Bryan Collins: Could you describe how somebody can, or why somebody should work on their number rather than trying to work smarter up?
Jeff Haden: A lot of the things that we do ultimately come down to … You know what? It's not a new phrase, but I've called it the power of numbers basically. And if there is something that you are doing where the number of repetitions or the number of efforts or any of whenever you want to call that, that's a foundation of the success that you can have, then that's the way to go. Like say with cycling, this is probably a bad example and I'll try a better in a second. If I haven't been riding for a while and I know I want to go ride a hundred miles for Mountain Gran Fondo, I know now that I need to put about 2,500 miles in my legs, so to speak. And so that's just basically the number and I know that if I go and do that and I train to that degree and when it comes down to ride, I'll be ready.
Jeff Haden: I was talking to two ladies that founded a marketing company and they were talking about how cold calling wasn't much fun and it seemed like it took them 10 calls to get one new client and how burdensome that was. And I stopped them and said, “Well, how many new clients do you knew a month?” And they said, “Five.” And I said, “Well then you know your number.” If nothing changes, you need to make about 50 calls. And if that gets you the outcome that you need, then that's an okay process. You can still work to improve your strike rate and you can get better at pitching and all of the other stuff. So maybe it becomes two out of 10 or three out of 10 or whatever. But nonetheless, if that's the outcome you need, then you know your number.

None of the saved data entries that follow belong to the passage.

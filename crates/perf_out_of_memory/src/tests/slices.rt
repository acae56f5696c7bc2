//! Records that are parsed over a slice.

use perf_event_data::Record;
use perf_event_data::endian::Little;
use perf_event_data::parse::{Parse, ParseConfig, ParseResult, Parser};
use perf_event_data::sys::{perf_event_attr, perf_event_header};
use perf_run::line_of;
use perf_test_helpers::drops::drop_record;
use std::alloc::Global;
use std::process::Abort;

// The sample type of an event, and flags of its attribute: each frame ends with a sample id if bit 18 is set.
type Attr = (u64, u64);

const NO_ATTR: Attr = (0, 0);

// TID, and TID and TIME, in sample ids.
const TIDS: Attr = (0x2, 1 << 18);

const TIDS_AND_TIMES: Attr = (0x6, 1 << 18);

// Samples of stacks alone, and of raw bytes alone.
const STACKS: Attr = (0x2000, 0);

const RAW: Attr = (0x400, 0);

// The record of a frame over a slice.
fn record_of<'a>(alloc: Global, bytes: &'a [u8], attr: Attr) -> ParseResult<Record<'a>> {
    let (sample_type, flags) = attr;
    let attr = perf_event_attr {
        sample_type,
        flags,
        ..Default::default()
    };
    let mut parser = Parser::new(alloc, bytes, ParseConfig::<Little>::from(attr));
    Record::parse(&mut parser)
}

// Its line, with the header and the number 0.
fn line(alloc: Global, bytes: &[u8], answer: &ParseResult<Record<'_>>) -> ParseResult<String> {
    let mut parser = Parser::new(alloc, bytes, ParseConfig::<Little>::default());
    let header = perf_event_header::parse(&mut parser)?;
    line_of(alloc, 0, &header, answer)
}

// The same, tried again if memory runs out: one request is refused, and no further one.
fn line_at_last(
    alloc: Global,
    bytes: &[u8],
    answer: &ParseResult<Record<'_>>,
) -> ParseResult<String> {
    match line(alloc, bytes, answer) {
        Ok(line) => Ok(line),
        Err(_) => line(alloc, bytes, answer),
    }
}

// Whether a request for memory is granted.
fn is_granted(alloc: Global) -> bool {
    Vec::from_slice(alloc, &[0u8]).is_ok()
}

// What a frame is, the attribute that it is read under, its bytes, and its line.
type Row<'a> = (&'a str, Attr, &'a [u8], &'a str);

// The line of a frame. Its record is parsed first: if that asks for no memory, a first request that is refused
// is the one after it.
fn line_of_frame(alloc: Global, attr: Attr, bytes: &[u8]) -> ParseResult<String> {
    let answer = record_of(alloc, bytes, attr);
    is_granted(alloc);
    let line = line_at_last(alloc, bytes, &answer);
    drop_record(answer);
    line
}

// Asserts the lines of frames.
fn check_lines(rt: &(impl AllocGlobal + Abort), rows: &[Row<'_>]) {
    for (name, attr, bytes, want) in rows {
        match line_of_frame(rt.alloc(), *attr, *bytes) {
            Ok(line) => assert_eq!(rt; line.as_str(), *want, "{name}"),
            Err(_) => panic!(rt; "no memory"),
        }
    }
}

const FRAMES: [Row<'static>; 19] = [
    (
        "a mapping",
        NO_ATTR,
        b"\x01\0\0\0\0\0\x30\0\x16\x4C\x01\0\x17\x4C\x01\0\0\xA0\x48\x96\x4F\x7F\0\0\0\x10\
            \0\0\0\0\0\0\0\xA0\x48\x96\x4F\x7F\0\0\x2F\x2F\x61\x6E\x6F\x6E\0\0",
        "0 1 0 48 Mmap pid=85014 tid=85015 addr=139979800485888 len=4096 \
            pgoff=139979800485888 filename=2f2f616e6f6e",
    ),
    (
        "a frame of seven bytes",
        NO_ATTR,
        b"\x02\0\0\0\0\0\x07\0",
        "0 2 0 7 refused InvalidRecord",
    ),
    (
        "a body that is cut short",
        NO_ATTR,
        b"\x02\0\0\0\0\0\x10\0\x01\0\0\0\0\0\0\0",
        "0 2 0 16 refused Eof",
    ),
    (
        "a switch",
        NO_ATTR,
        b"\x0E\0\0\0\0\0\x08\0",
        "0 14 0 8 Switch",
    ),
    (
        "a switch without its sample id",
        TIDS,
        b"\x0E\0\0\0\0\0\x08\0",
        "0 14 0 8 refused InvalidRecord",
    ),
    (
        "new code",
        NO_ATTR,
        b"\x14\0\0\0\0\0\x18\0\x10\0\0\0\0\0\0\0\0\0\x01\0\xAA\0\0\0",
        "0 20 0 24 TextPoke addr=16 old_bytes= new_bytes=aa",
    ),
    (
        "changed code",
        NO_ATTR,
        b"\x14\0\0\0\0\0\x18\0\x10\0\0\0\0\0\0\0\x01\0\x01\0\xAA\xBB\0\0",
        "0 20 0 24 TextPoke addr=16 old_bytes=aa new_bytes=bb",
    ),
    (
        "a mapping with a build id",
        NO_ATTR,
        b"\x0A\0\0\0\0\x40\x50\0\x01\0\0\0\x02\0\0\0\0\x10\0\0\0\0\0\0\0\x20\0\0\0\0\0\0\0\
            \0\0\0\0\0\0\0\x14\0\0\0\x01\x02\x03\x04\x05\x06\x07\x08\x09\x0A\x0B\x0C\x0D\x0E\
            \x0F\x10\x11\x12\x13\x14\x05\0\0\0\x02\0\0\0\x61\x62\0\0\0\0\0\0",
        "0 10 16384 80 Mmap2 pid=1 tid=2 addr=4096 len=8192 pgoff=0 \
            build_id=0102030405060708090a0b0c0d0e0f1011121314 prot=5 flags=2 \
            filename=6162",
    ),
    (
        "a build id that is too long",
        NO_ATTR,
        b"\x0A\0\0\0\0\x40\x40\0\x01\0\0\0\x02\0\0\0\0\x10\0\0\0\0\0\0\0\x20\0\0\0\0\0\0\0\
            \0\0\0\0\0\0\0\x15\0\0\0\x01\x02\x03\x04\x05\x06\x07\x08\x09\x0A\x0B\x0C\x0D\x0E\
            \x0F\x10\x11\x12\x13\x14",
        "0 10 16384 64 refused InvalidRecord",
    ),
    (
        "a build id that is cut short",
        NO_ATTR,
        b"\x0A\0\0\0\0\x40\x2B\0\x01\0\0\0\x02\0\0\0\0\x10\0\0\0\0\0\0\0\x20\0\0\0\0\0\0\0\
            \0\0\0\0\0\0\0\x15\0\0",
        "0 10 16384 43 refused Eof",
    ),
    (
        "a type below all",
        NO_ATTR,
        b"\0\0\0\0\0\0\x08\0",
        "0 0 0 8 Unknown data=",
    ),
    (
        "a type above all",
        NO_ATTR,
        b"\x16\0\0\0\0\0\x08\0",
        "0 22 0 8 Unknown data=",
    ),
    (
        "lost events with a sample id",
        TIDS_AND_TIMES,
        b"\x02\0\0\0\0\0\x28\0\x01\0\0\0\0\0\0\0\x02\0\0\0\0\0\0\0\x03\0\0\0\x04\0\0\0\x05\
            \0\0\0\0\0\0\0",
        "0 2 0 40 Lost id=1 lost=2",
    ),
    (
        "a symbol",
        NO_ATTR,
        b"\x11\0\0\0\0\0\x20\0\0\x10\0\0\0\0\0\0\x40\0\0\0\x01\0\x01\0\x62\x70\x66\0\0\0\0\
            \0",
        "0 17 0 32 KSymbol addr=4096 len=64 ksym_type=1 flags=1 name=627066",
    ),
    (
        "a program in the kernel",
        NO_ATTR,
        b"\x12\0\0\0\0\0\x18\0\x01\0\0\0\x07\0\0\0\x01\x02\x03\x04\x05\x06\x07\x08",
        "0 18 0 24 BpfEvent ty=1 flags=0 id=7 tag=0102030405060708",
    ),
    (
        "a mapping with an inode",
        NO_ATTR,
        b"\x0A\0\0\0\0\0\x50\0\x01\0\0\0\x02\0\0\0\0\x10\0\0\0\0\0\0\0\x20\0\0\0\0\0\0\0\0\
            \0\0\0\0\0\0\x08\0\0\0\x01\0\0\0\x63\0\0\0\0\0\0\0\x03\0\0\0\0\0\0\0\x05\0\0\0\
            \x02\0\0\0\x61\x62\0\0\0\0\0\0",
        "0 10 0 80 Mmap2 pid=1 tid=2 addr=4096 len=8192 pgoff=0 maj=8 min=1 \
            ino=99 ino_generation=3 prot=5 flags=2 filename=6162",
    ),
    (
        "longer changed code",
        NO_ATTR,
        b"\x14\0\0\0\0\0\x20\0\x10\0\0\0\0\0\0\0\x03\0\x02\0\xA1\xA2\xA3\xB1\xB2\0\0\0\0\0\
            \0\0",
        "0 20 0 32 TextPoke addr=16 old_bytes=a1a2a3 new_bytes=b1b2",
    ),
    (
        // A refused sample is refused for its bytes, even if the allocation of its box fails.
        "a stack of which too much was used",
        STACKS,
        b"\x09\0\0\0\0\0\x20\0\x08\0\0\0\0\0\0\0abcdefgh\x09\0\0\0\0\0\0\0",
        "0 9 0 32 refused InvalidRecord",
    ),
    (
        "a sample without its only field",
        STACKS,
        b"\x09\0\0\0\0\0\x0C\0\0\0\0\0",
        "0 9 0 12 refused Eof",
    ),
];

// The tests with refused allocations try each row alone.
#[test]
fn lines_of_frames(rt: HostRuntime) {
    check_lines(&rt, &FRAMES);
}

// A sample of raw bytes alone.
const RAW_BYTES: &[u8] = b"\x09\0\0\0\0\0\x10\0\x02\0\0\0\xAA\xBB\0\0";

// Whether at most one request is refused: that of the sample's box, or one after it.
fn is_lawful(line: &str, grants: [bool; 2]) -> bool {
    match line {
        "0 9 0 16 refused OutOfMemory" => grants == [true, true],
        "0 9 0 16 Sample raw=aabb" => grants != [false, false],
        _ => false,
    }
}

// The sample's line, and whether two requests after it are granted.
fn line_and_grants(alloc: Global) -> (ParseResult<String>, [bool; 2]) {
    let answer = record_of(alloc, RAW_BYTES, RAW);
    let grants = [is_granted(alloc), is_granted(alloc)];
    let line = line_at_last(alloc, RAW_BYTES, &answer);
    drop_record(answer);
    (line, grants)
}

// Prints both, so that they can be compared with which request was refused.
#[test]
fn a_sample_of_raw_bytes(rt: HostRuntime) {
    let (line, grants) = line_and_grants(rt.alloc());
    match line {
        Ok(line) => {
            let _ = println!(rt; "{line}, then {grants:?}");
            assert!(rt; is_lawful(line.as_str(), grants));
        }
        Err(_) => panic!(rt; "no memory"),
    }
}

Jeff Haden: And so instead of seeing the 10 calls for a client as burdensome, just see it as the opportunity of, “If I do this, I'm going to get that.” And so the power of numbers applies whenever you can look at something and say, “If I do this, then I will get to that.” And it really simplifies things because then you can just focus on clicking off the numbers that you need, knowing that you will get to an outcome. And I know it's not always that simple, but it's surprising how frequently it is actually that simple.
Bryan Collins: I like your example of the sales person trying to find new customers who perhaps didn't like placing all of those calls on once they hit their number, they don't have to do as much. I think that's something that you talked about in one of the last chapters of the book. Do more by doing less. Are there other ways people can do more by doing less.
Jeff Haden: Well, one of the things … How do I say this? Let's see. I think this is probably a broader answer than the question you're asking, but let's see if it works. I think it's too tempting to assume that we need to have about five different major projects and goals going at the same time. I think the more things that you are trying to achieve, especially if they are big, then the less likely you are to achieve any of those. And so that's why I like the concept of being a serial achiever and saying, “Okay, I know that I want to do X and Y and Z, but, which one makes the most difference in my life right now?” Whether that's financial or career or fulfillment or whatever your version or definition of success might be, which one makes the biggest difference? I'm going to focus on that one, and I'm going to create a process that allows me to accomplish that.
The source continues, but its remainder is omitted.